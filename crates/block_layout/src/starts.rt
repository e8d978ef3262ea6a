ghost use Rattle.block_layout.specs.Sizes.{largest_size};
ghost use Rattle.std.specs.Prelude.{◌≡◌, ◌≤◌, ◌++◌, IfOk, replicate};
ghost use Rattle.std.specs.List.{flat_map};
ghost use Rattle.block_layout.specs.InitialBytes.{
  component_starts,
  element_starts,
  filled_starts,
  in_steps,
  preset_values,
};

use crate::cells::{Cell, Preset};
use crate::path_ends::bounds_behind;
use crate::sizes::{alignment, array_bits, capped_size, count, up};
use std::alloc::{AllocError, Global};
use stl_ast::Bounds;

/// Adds so many places, of which each is a step behind the one before it.
fn add_steps(step: u64, count: u64, start: u64, places: &mut Vec<u64>) -> Result<(), AllocError>
    ensures { IfOk result (λ _. places.new.items
        ≡ places.old.items ++ in_steps step count start) }
{
    for k in 0..count {
        let gone = capped_size(k.saturating_mul(step));
        places.push(capped_size(start.saturating_add(gone)))?;
    }
    Ok(())
}

fn spread(alloc: Global, step: u64, count: u64, starts: &[u64]) -> Result<Vec<u64>, AllocError>
    ensures { IfOk result (λ v. v.items ≡ flat_map (in_steps step count) starts.now) }
{
    let mut places = Vec::new(alloc);
    for start in starts {
        add_steps(step, count, *start, &mut places)?;
    }
    Ok(places)
}

/// Where the elements of arrays begin that themselves begin at these places.
pub(crate) fn element_starts(
    alloc: Global,
    bounds: &[Bounds],
    element: u64,
    starts: &[u64],
) -> Result<Vec<u64>, AllocError>
    requires { element ≤ largest_size }
    ensures { IfOk result (λ v. v.items ≡ element_starts bounds.now element starts.now) }
{
    let mut places = starts.to_vec(alloc)?;
    for depth in 0..bounds.len() {
        let step = array_bits(bounds_behind(bounds, depth), element);
        places = spread(alloc, step, count(&bounds[depth]), places.as_slice())?;
    }
    Ok(places)
}

/// Where the elements of arrays begin that themselves begin at these places; none for elements of
/// no bits, which hold no values.
pub(crate) fn filled_starts(
    alloc: Global,
    bounds: &[Bounds],
    element: u64,
    starts: &[u64],
) -> Result<Vec<u64>, AllocError>
    requires { element ≤ largest_size }
    ensures { IfOk result (λ v. v.items ≡ filled_starts bounds.now element starts.now) }
{
    if element == 0 {
        Ok(Vec::new(alloc))
    } else {
        element_starts(alloc, bounds, element, starts)
    }
}

/// Where a component begins in structures that begin at these places.
pub(crate) fn component_starts(
    alloc: Global,
    at: u64,
    cell: &Cell,
    starts: &[u64],
) -> Result<Vec<u64>, AllocError>
    requires { at ≤ largest_size }
    ensures { IfOk result (λ v. v.items ≡ component_starts at cell.now starts.now) }
{
    let first = up(at, alignment(cell));
    let mut places = Vec::with_capacity(alloc, starts.len())?;
    for start in starts {
        places.push(capped_size(start.saturating_add(first)))?;
    }
    Ok(places)
}

fn add_repeated(count: u16, value: u32, values: &mut Vec<u32>) -> Result<(), AllocError>
    ensures { IfOk result (λ _. values.new.items ≡ values.old.items ++ replicate count value) }
{
    for _i in 0..count {
        values.push(value)?;
    }
    Ok(())
}

/// The initial values of a component, one after the other.
pub(crate) fn preset_values(alloc: Global, presets: &[Preset]) -> Result<Vec<u32>, AllocError>
    ensures { IfOk result (λ v. v.items ≡ preset_values presets.now) }
{
    let mut values = Vec::new(alloc);
    for preset in presets {
        add_repeated(preset.count, preset.value, &mut values)?;
    }
    Ok(values)
}
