ghost use Rattle.std.specs.Prelude.{◌≡◌, IfOk, map};
ghost use Rattle.plc_base.specs.Least.{least};
ghost use Rattle.block_layout.specs.Facts.{outline_of};
ghost use Rattle.block_layout.specs.Rule21.{rule_21};
ghost use Rattle.block_layout.specs.Rule56.{rule_56};

use crate::layouts::Layout;
use crate::sections::{BlockCells, declarations_of};
use crate::types::Types;
use plc_base::{Refusal, lesser};
use std::alloc::{AllocError, Global};
use stl_ast::Block;

/// The declarations of a block, laid out.
#[derive(Drop)]
pub(crate) struct Outline {
    pub(crate) components: Layout,
    pub(crate) temps: Layout,
}

/// The declarations of all blocks, laid out, and the least refusals by names that stand twice and
/// by types nested too deep.
#[derive(Drop)]
pub(crate) struct Outlines {
    pub(crate) list: Vec<Outline>,
    pub(crate) twice: Option<Refusal>,
    pub(crate) deep: Option<Refusal>,
}

/// The declarations of the blocks of a source.
#[tactic(auto, unfolding(crate::specs::Rule21::rule_21, crate::specs::Rule56::rule_56))]
pub(crate) fn outline_all(
    alloc: Global,
    types: &Types,
    blocks: &[Block],
) -> Result<Outlines, AllocError>
    ensures list { IfOk result (λ o. o.list.items ≡ map (outline_of types.now) blocks.now) }
    ensures twice { IfOk result (λ o. o.twice ≡ least (rule_21 blocks.now)) }
    ensures deep { IfOk result (λ o. o.deep ≡ least (rule_56 types.now blocks.now)) }
{
    let mut list = Vec::with_capacity(alloc, blocks.len())?;
    let mut twice = None;
    let mut deep = None;
    for block in blocks {
        let made = declarations_of(alloc, types, block)?;
        twice = lesser(twice, made.twice);
        deep = lesser(deep, made.deep);
        let BlockCells {
            components,
            temps,
            ..
        } = made;
        list.push(Outline {
            components: Layout::new(alloc, components)?,
            temps: Layout::new(alloc, temps)?,
        })?;
    }
    Ok(Outlines { list, twice, deep })
}
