//! A watch: from a program and what the workers are to make to a controller with its history, and
//! what was seen of it.
ghost use Rattle.std.specs.Prelude.{◌≡◌, ◌+◌, ◌-◌, ◌<◌, ◌≤◌, ◌∷◌, ◌++◌, [], length, map, replicate, All, IfOk};
ghost use Rattle.event_text.specs.Regular.{IsRegular, IsRegularOf};
ghost use Rattle.event_text.specs.Texts.{steps_in};
ghost use Rattle.station.specs.declared.shared.TheConstants.{FULL};
ghost use Rattle.s7_cli.specs.Living.{AreRegularBy, IsLive, opening_on, total_length};
ghost use Rattle.s7_cli.specs.Watching.{AreViews, read_entry_of, watch_lists};
ghost use Rattle.s7_cli.specs.run_text.Behind.{program_of_recording};

use crate::lists::add;
use crate::living::controller_at_end;
use crate::watching::watch_station;
use controller::Controller;
use image_file::Loaded;
use plc_base::NoMemory;
use plc_io::Gate;
use station::{Pass, Shared, Station};
use std::alloc::Global;
use std::sync::Wait;
use std::thread::Threads;
use var_access::{Entry, Vars};
use watch_board::{Board, Shown};

/// How many operators of a watch may have a script: all but the last.
const SCRIPTS: usize = 3;

/// How many passes the station of a watch has: those of a stepper, a feeder and four operators.
const PASSES: u8 = 6;

/// A script for each operator but the last, without lines where there was none.
fn padded_scripts(alloc: Global, scripts: Vec<Vec<Entry>>) -> Result<Vec<Vec<Entry>>, NoMemory>
    requires { length scripts.items ≤ 3 }
    ensures { IfOk result (λ v. map (λ x. x.items) v.items
        ≡ map (λ x. x.items) scripts.items ++ replicate (3 - length scripts.items) []) }
{
    let mut all = scripts;
    for _ in all.len()..SCRIPTS {
        add(&mut all, Vec::new(alloc))?;
    }
    Ok(all)
}

/// The last pass, off the end.
fn last_pass(passes: &mut Vec<Pass<Shared>>) -> Pass<Shared>
    requires { 0 < length passes.old.items }
    ensures { passes.old.items ≡ passes.new.items ++ result ∷ [] }
{
    match passes.pop() {
        Some(pass) => pass,
        None => unreachable!(),
    }
}

/// Lets a stepper, a feeder and an operator for each script work beside each other on a program,
/// with one more operator, the last, who reads the variables again and again and publishes the
/// replies, and with one who views what is published. Gives the controller with the history that
/// they made, and the views.
///
/// # Errors
///
/// `NoMemory` for want of memory.
pub(crate) fn watch_run<R: Threads + Wait + Sync, G: Gate + Sync>(
    rt: &R,
    alloc: Global,
    program: Loaded,
    steps: u32,
    stimuli: &[Entry],
    scripts: Vec<Vec<Entry>>,
    vars: &Vars,
    gate: &G,
) -> Result<(Controller, Vec<Shown>), NoMemory>
    requires some { (0 < length scripts.items) × (length scripts.items ≤ 3) }
    requires few { steps + length stimuli.now
        + total_length (map (λ v. v.items) scripts.items) + 100 < FULL }
    requires entries { AreRegularBy 2 (stimuli.now ∷ map (λ v. v.items) scripts.items) }
    requires reads { IsRegularOf 6 (read_entry_of 6 vars.now) }
    ensures program { IfOk result (λ r. program_of_recording r.0 ≡ program) }
    ensures live { IfOk result (λ r. IsLive program steps stimuli.now
        (watch_lists 100 (map (λ v. v.items) scripts.items) vars.now) r.0.history) }
    ensures regular { IfOk result (λ r. All IsRegular r.0.history) }
    ensures steps { IfOk result (λ r. steps_in r.0.history ≤ steps) }
    ensures views { IfOk result (λ r. AreViews (read_entry_of 6 vars.now) (opening_on program)
        r.0.history 100 r.1.items) }
{
    let scripts = padded_scripts(alloc, scripts)?;
    let controller = Controller::new(alloc, program)?;
    let (station, mut passes) = Station::start(alloc, controller, PASSES)?;
    let last = last_pass(&mut passes);
    let (publisher, viewer) = Board::new(rt, alloc)?;
    let mut views = Vec::new(alloc);
    let (pass, outcome) = watch_station(
        rt, alloc, &station, passes, steps, stimuli, &scripts, last, publisher, viewer, &mut views,
        vars, gate,
    );
    let controller = controller_at_end(station, pass, outcome)?;
    Ok((controller, views))
}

• _Task to complete_: The response must give every line from the material above that holds the string "Threads".

• _Answer space_:
use std::thread::Threads;
pub(crate) fn watch_run<R: Threads + Wait + Sync, G: Gate + Sync>(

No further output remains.